◆ REQUIRED ACTION:
Taking the line that contains "pub fn role_name(x: &Expanded, role: u32)" as the starting point, give again exactly every line up to and including the last line of the records below.

EXERCISE MATERIAL Block Start

//! The entities of words, the texts of a page's tables, and its style. A `$` is a hole that a
//! fragment fills.

// The entities of words. The last one stands for a byte that is not shown.
pub(crate) const QUOTE: &[u8] = b"&quot;";

pub(crate) const AMPERSAND: &[u8] = b"&amp;";

pub(crate) const APOSTROPHE: &[u8] = b"&#39;";

pub(crate) const LESS: &[u8] = b"&lt;";

pub(crate) const GREATER: &[u8] = b"&gt;";

pub(crate) const UNKNOWN: &[u8] = b"&#65533;";

/// The heads of the table of messages.
pub(crate) const MESSAGES: &[u8] = b"<h2>Messages</h2>\n<table>\n\
    <thead><tr><th scope=\"col\">Message</th><th scope=\"col\">From</th><th scope=\"col\">To</th>\
    <th scope=\"col\">Parameters</th></tr></thead>\n<tbody>\n";
/// A message, its sender and its receiver. Its parameters follow.
pub(crate) const MESSAGE: &[u8] =
    b"<tr><th scope=\"row\">$</th><td>$</td><td>$</td><td class=\"v\">";
/// The adornment and the name of a parameter that is no key.
pub(crate) const PARAMETER: &[u8] = b"<span>$ $</span> ";
/// The adornment and the name of a key.
pub(crate) const KEY_PARAMETER: &[u8] = b"<span>$ $ <b>key</b></span> ";
/// The end of a message's row.
pub(crate) const MESSAGE_END: &[u8] = b"</td></tr>\n";
/// The end of a table.
pub const TABLE_END: &[u8] = b"</tbody>\n</table>\n";

// The adornments, as protocols have them.
pub(crate) const IN: &[u8] = b"in";

pub(crate) const OUT: &[u8] = b"out";

pub(crate) const NIL: &[u8] = b"nil";

/// The caption of the table of what each role can learn, and the head of its first column.
pub(crate) const KNOWLEDGE: &[u8] = b"<h2>Knowledge</h2>\n<table>\n\
    <caption>From which messages each role can learn each parameter. Dead messages are left \
    out.</caption>\n\
    <thead><tr><th scope=\"col\">Parameter</th>";
/// The head of a role's column.
pub(crate) const ROLE_HEAD: &[u8] = b"<th scope=\"col\">$</th>";
/// The end of the heads.
pub(crate) const HEADS_END: &[u8] = b"</tr></thead>\n<tbody>\n";
/// A parameter. A cell for each role follows.
pub(crate) const SOURCES: &[u8] = b"<tr><th scope=\"row\">$</th>";
/// The beginning of a role's cell.
pub(crate) const CELL: &[u8] = b"<td>";
/// A message from which the role can learn the parameter.
pub(crate) const SOURCE: &[u8] = b"<span>$</span> ";
/// The end of a role's cell.
pub(crate) const CELL_END: &[u8] = b"</td>";
/// The end of a parameter's row.
pub(crate) const SOURCES_END: &[u8] = b"</tr>\n";

/// How a page looks: its colours in the light and in the dark, its words, its tables, the text of
/// a run, and all of it on paper.
pub const STYLE: &[u8] = b"\
:root{color-scheme:light dark;--ink:#1b1f24;--soft:#57606a;--line:#c4cbd3;\
--paper:#fff;--band:#eef1f4}\n\
@media(prefers-color-scheme:dark){:root{--ink:#e6eaee;--soft:#a3adb8;\
--line:#4a535e;--paper:#14181d;--band:#252c34}}\n\
body{margin:2em auto;max-width:64em;padding:0 1em;background:var(--paper);\
color:var(--ink);font:16px/1.45 system-ui,sans-serif}\n\
h1,h2,p{overflow-wrap:anywhere}\nh2{margin-top:1.6em}\n\
table{display:block;overflow-x:auto;border-collapse:collapse}\n\
caption{text-align:left;color:var(--soft);padding-bottom:.4em}\n\
th,td{text-align:left;vertical-align:top;padding:3px 12px 3px 0;\
border-bottom:1px solid var(--line);overflow-wrap:break-word}\n\
.v{font:14px/22px ui-monospace,monospace}\n\
.v>*{display:inline-block;margin-right:.6em}\n\
pre{background:var(--band);padding:.6em 1em;white-space:pre-wrap;\
overflow-wrap:anywhere;font:14px/22px ui-monospace,monospace}\n\
@media print{body{margin:0;max-width:none;padding:0;font-size:12px}\n\
.v,pre{font-size:11px;line-height:16px}\ntable{display:table}\n\
tr{break-inside:avoid}\nh2,caption{break-after:avoid}}\n";
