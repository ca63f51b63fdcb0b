ghost use Rattle.html.specs.Markup.{BytesAreShown, MarksAreThoseOfTags};
ghost use Rattle.html.specs.Markup.{TemplatesKeepTheirMarks};

/// A law: no name and no value puts markup into a page.
pub fn marks_are_those_of_tags()
    ensures { MarksAreThoseOfTags }
{}

/// A law: words and numbers in the holes of a template add no markup to it.
pub fn templates_keep_their_marks()
    ensures { TemplatesKeepTheirMarks }
{}

/// A law: each byte of words is shown, by itself or by an entity.
pub fn bytes_are_shown()
    ensures { BytesAreShown }
{}
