//! What pages are made of: fragments, a style, and the tables of a protocol.
#![tactic(auto)]

mod fragment;
mod laws;
mod messages;
mod names;
mod sources;
mod wording;

pub use fragment::{Fragment, fill, push_fragments};
pub use laws::{bytes_are_shown, marks_are_those_of_tags, templates_keep_their_marks};
pub use messages::push_messages;
pub use names::{is_key, param_name, role_name};
pub use sources::push_sources;
pub use wording::{STYLE, TABLE_END};
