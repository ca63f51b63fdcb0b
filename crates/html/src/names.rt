ghost use Rattle.std.specs.Prelude.{◌≡◌, [], slice_index_or};
ghost use Rattle.bspl_types.specs.Choice.{is_out};
ghost use Rattle.bspl_types.specs.Expansion.{param_name};
ghost use Rattle.html.specs.Tables.{adornment_word, is_key};

use super::wording::{IN, NIL, OUT};
use bspl_types::{Adornment, Expanded};

/// The name of the role with this number. Past the last one there is none.
pub fn role_name(x: &Expanded, role: u32) -> &[u8]
    ensures { result.now ≡ slice_index_or x.now.roles role [] }
{
    match x.roles.as_slice().get(role as usize) {
        Some(name) => name.as_slice(),
        None => b"",
    }
}

/// The name of the parameter with this number. Past the last one there is none.
pub fn param_name(x: &Expanded, param: u32) -> &[u8]
    ensures { result.now ≡ param_name x.now param }
{
    match x.params.as_slice().get(param as usize) {
        Some(info) => info.name.as_slice(),
        None => b"",
    }
}

/// Whether the parameter with this number is a key.
pub fn is_key(x: &Expanded, param: u32) -> bool
    ensures { result ≡ is_key x.now param }
{
    match x.params.as_slice().get(param as usize) {
        Some(info) => info.key,
        None => false,
    }
}

/// An adornment, as protocols have it.
pub(crate) fn adornment_word(adornment: Adornment) -> &'static [u8]
    ensures { result.now ≡ adornment_word adornment }
{
    match adornment {
        Adornment::In => IN,
        Adornment::Out => OUT,
        Adornment::Nil => NIL,
    }
}

/// Whether the adornment is `out`.
pub(crate) fn is_out(adornment: Adornment) -> bool
    ensures { result ≡ is_out adornment }
{
    match adornment {
        Adornment::Out => true,
        Adornment::In | Adornment::Nil => false,
    }
}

EXERCISE MATERIAL Block End

◆ EXERCISE ANSWER:
pub fn role_name(x: &Expanded, role: u32) -> &[u8]
    ensures { result.now ≡ slice_index_or x.now.roles role [] }
{
    match x.roles.as_slice().get(role as usize) {
        Some(name) => name.as_slice(),
        None => b"",
    }
}

/// The name of the parameter with this number. Past the last one there is none.
pub fn param_name(x: &Expanded, param: u32) -> &[u8]
    ensures { result.now ≡ param_name x.now param }
{
    match x.params.as_slice().get(param as usize) {
        Some(info) => info.name.as_slice(),
        None => b"",
    }
}

/// Whether the parameter with this number is a key.
pub fn is_key(x: &Expanded, param: u32) -> bool
    ensures { result ≡ is_key x.now param }
{
    match x.params.as_slice().get(param as usize) {
        Some(info) => info.key,
        None => false,
    }
}

/// An adornment, as protocols have it.
pub(crate) fn adornment_word(adornment: Adornment) -> &'static [u8]
    ensures { result.now ≡ adornment_word adornment }
{
    match adornment {
        Adornment::In => IN,
        Adornment::Out => OUT,
        Adornment::Nil => NIL,
    }
}

/// Whether the adornment is `out`.
pub(crate) fn is_out(adornment: Adornment) -> bool
    ensures { result ≡ is_out adornment }
{
    match adornment {
        Adornment::Out => true,
        Adornment::In | Adornment::Nil => false,
    }
}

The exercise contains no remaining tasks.